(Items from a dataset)
// Groups made or changed by a define.
ghost use Rattle.std.specs.Prelude.{◌≤◌, eqb, ltb, length, true, map, ◌≡◌};
ghost use Rattle.order.specs.Keys.{keys_held};
ghost use Rattle.rules.specs.Lists.{rises};
ghost use Rattle.order.specs.Walks.{onto};
ghost use Rattle.store.specs.Places.{place_of, behind_of};
ghost use Rattle.store.specs.Storage.{group_of, group_row, groups_of};
ghost use Rattle.defining.specs.Groups.{made_groups, row_for, Grows, FineOrder};
ghost use Rattle.defining.specs.Joining.{Fits};
ghost use Rattle.defining.specs.Putting.{Opens, Puts, Takes};

use crate::joining::joined;
use crate::putting::Step;
use making::made_row;
use order::{GroupKey, Groups, Owners};
use rows::GROUP_WORDS;
use store::places::place;

// The row of a group that is made anew where it stands, or made.
// Stays: order and come apart: what is known of come (Fits) is of the group at hand, what is known of order of the order alone.
fn row_for(
    groups: &[[u64; GROUP_WORDS]],
    place: Result<usize, usize>,
    group: GroupKey,
    order: [u64; GROUP_WORDS],
    come: &Owners,
) -> [u64; GROUP_WORDS]
    requires { (behind_of place ≤ length groups.now) × Fits place groups.now (keys_held come.now) }
    ensures { result ≡ row_for place group.0 order (keys_held come.now) groups.now }
{
    match place {
        Ok(i) => {
            let old = groups[i];
            made_row(group, order, old, &joined(old, come))
        }
        Err(_) => made_row(group, order, [0; GROUP_WORDS], come),
    }
}

// A group is made, or made anew, among those that stand as they were.
fn make_group(
    groups: &mut [[u64; GROUP_WORDS]],
    step: Step,
    group: GroupKey,
    order: [u64; GROUP_WORDS],
    come: &Owners,
) -> Step
    requires { Opens (place_of ltb eqb (groups_of step.left groups.old) group.0) step.left step.by groups.old
        × Fits (place_of ltb eqb (groups_of step.left groups.old) group.0) groups.old (keys_held come.now) }
    ensures { Puts (place_of ltb eqb (groups_of step.left groups.old) group.0) step.left step.by
        (row_for (place_of ltb eqb (groups_of step.left groups.old) group.0) group.0 order (keys_held come.now) groups.old)
        groups.old groups.new result }
{
    let place = place(&groups[..step.left], group);
    let row = row_for(groups, place, group, order, come);
    step.put(groups, place, row)
}

// Each group of a rising list is made, or made anew, from the last down; `more` of them are new.
// Stays: a slice and a count, as what stands behind the groups in use is lent too, and stays as it was.
pub fn make_groups(
    groups: &mut [[u64; GROUP_WORDS]],
    count: usize,
    more: usize,
    named: &Groups,
    order: [u64; GROUP_WORDS],
    come: &Owners,
)
    requires { Takes ltb group_of group_row (made_groups (keys_held come.now) (group_of order).1.parameters (keys_held named.now) (groups_of count groups.old))
        groups.old count more
        × Grows (groups_of count groups.old) (keys_held named.now) (keys_held come.now) × FineOrder order × (rises ltb (keys_held named.now) ≡ true) }
    ensures { groups.new ≡
        onto (map group_row (made_groups (keys_held come.now) (group_of order).1.parameters (keys_held named.now) (groups_of count groups.old)))
        groups.old }
{
    let mut step = Step {
        left: count,
        by: more,
    };
    // Stays: by place, since what is put is the groups from place j on; words from the end tell no place, and would be made keys again.
    for j in (0..named.len()).rev() {
        step = make_group(groups, step, named.at(j), order, come);
    }
}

▶ [PROBLEM] All the lines above need to be printed again, exactly.

▶ [YOUR RESPONSE]
// Groups made or changed by a define.
ghost use Rattle.std.specs.Prelude.{◌≤◌, eqb, ltb, length, true, map, ◌≡◌};
ghost use Rattle.order.specs.Keys.{keys_held};
ghost use Rattle.rules.specs.Lists.{rises};
ghost use Rattle.order.specs.Walks.{onto};
ghost use Rattle.store.specs.Places.{place_of, behind_of};
ghost use Rattle.store.specs.Storage.{group_of, group_row, groups_of};
ghost use Rattle.defining.specs.Groups.{made_groups, row_for, Grows, FineOrder};
ghost use Rattle.defining.specs.Joining.{Fits};
ghost use Rattle.defining.specs.Putting.{Opens, Puts, Takes};

use crate::joining::joined;
use crate::putting::Step;
use making::made_row;
use order::{GroupKey, Groups, Owners};
use rows::GROUP_WORDS;
use store::places::place;

// The row of a group that is made anew where it stands, or made.
// Stays: order and come apart: what is known of come (Fits) is of the group at hand, what is known of order of the order alone.
fn row_for(
    groups: &[[u64; GROUP_WORDS]],
    place: Result<usize, usize>,
    group: GroupKey,
    order: [u64; GROUP_WORDS],
    come: &Owners,
) -> [u64; GROUP_WORDS]
    requires { (behind_of place ≤ length groups.now) × Fits place groups.now (keys_held come.now) }
    ensures { result ≡ row_for place group.0 order (keys_held come.now) groups.now }
{
    match place {
        Ok(i) => {
            let old = groups[i];
            made_row(group, order, old, &joined(old, come))
        }
        Err(_) => made_row(group, order, [0; GROUP_WORDS], come),
    }
}

// A group is made, or made anew, among those that stand as they were.
fn make_group(
    groups: &mut [[u64; GROUP_WORDS]],
    step: Step,
    group: GroupKey,
    order: [u64; GROUP_WORDS],
    come: &Owners,
) -> Step
    requires { Opens (place_of ltb eqb (groups_of step.left groups.old) group.0) step.left step.by groups.old
        × Fits (place_of ltb eqb (groups_of step.left groups.old) group.0) groups.old (keys_held come.now) }
    ensures { Puts (place_of ltb eqb (groups_of step.left groups.old) group.0) step.left step.by
        (row_for (place_of ltb eqb (groups_of step.left groups.old) group.0) group.0 order (keys_held come.now) groups.old)
        groups.old groups.new result }
{
    let place = place(&groups[..step.left], group);
    let row = row_for(groups, place, group, order, come);
    step.put(groups, place, row)
}

// Each group of a rising list is made, or made anew, from the last down; `more` of them are new.
// Stays: a slice and a count, as what stands behind the groups in use is lent too, and stays as it was.
pub fn make_groups(
    groups: &mut [[u64; GROUP_WORDS]],
    count: usize,
    more: usize,
    named: &Groups,
    order: [u64; GROUP_WORDS],
    come: &Owners,
)
    requires { Takes ltb group_of group_row (made_groups (keys_held come.now) (group_of order).1.parameters (keys_held named.now) (groups_of count groups.old))
        groups.old count more
        × Grows (groups_of count groups.old) (keys_held named.now) (keys_held come.now) × FineOrder order × (rises ltb (keys_held named.now) ≡ true) }
    ensures { groups.new ≡
        onto (map group_row (made_groups (keys_held come.now) (group_of order).1.parameters (keys_held named.now) (groups_of count groups.old)))
        groups.old }
{
    let mut step = Step {
        left: count,
        by: more,
    };
    // Stays: by place, since what is put is the groups from place j on; words from the end tell no place, and would be made keys again.
    for j in (0..named.len()).rev() {
        step = make_group(groups, step, named.at(j), order, come);
    }
}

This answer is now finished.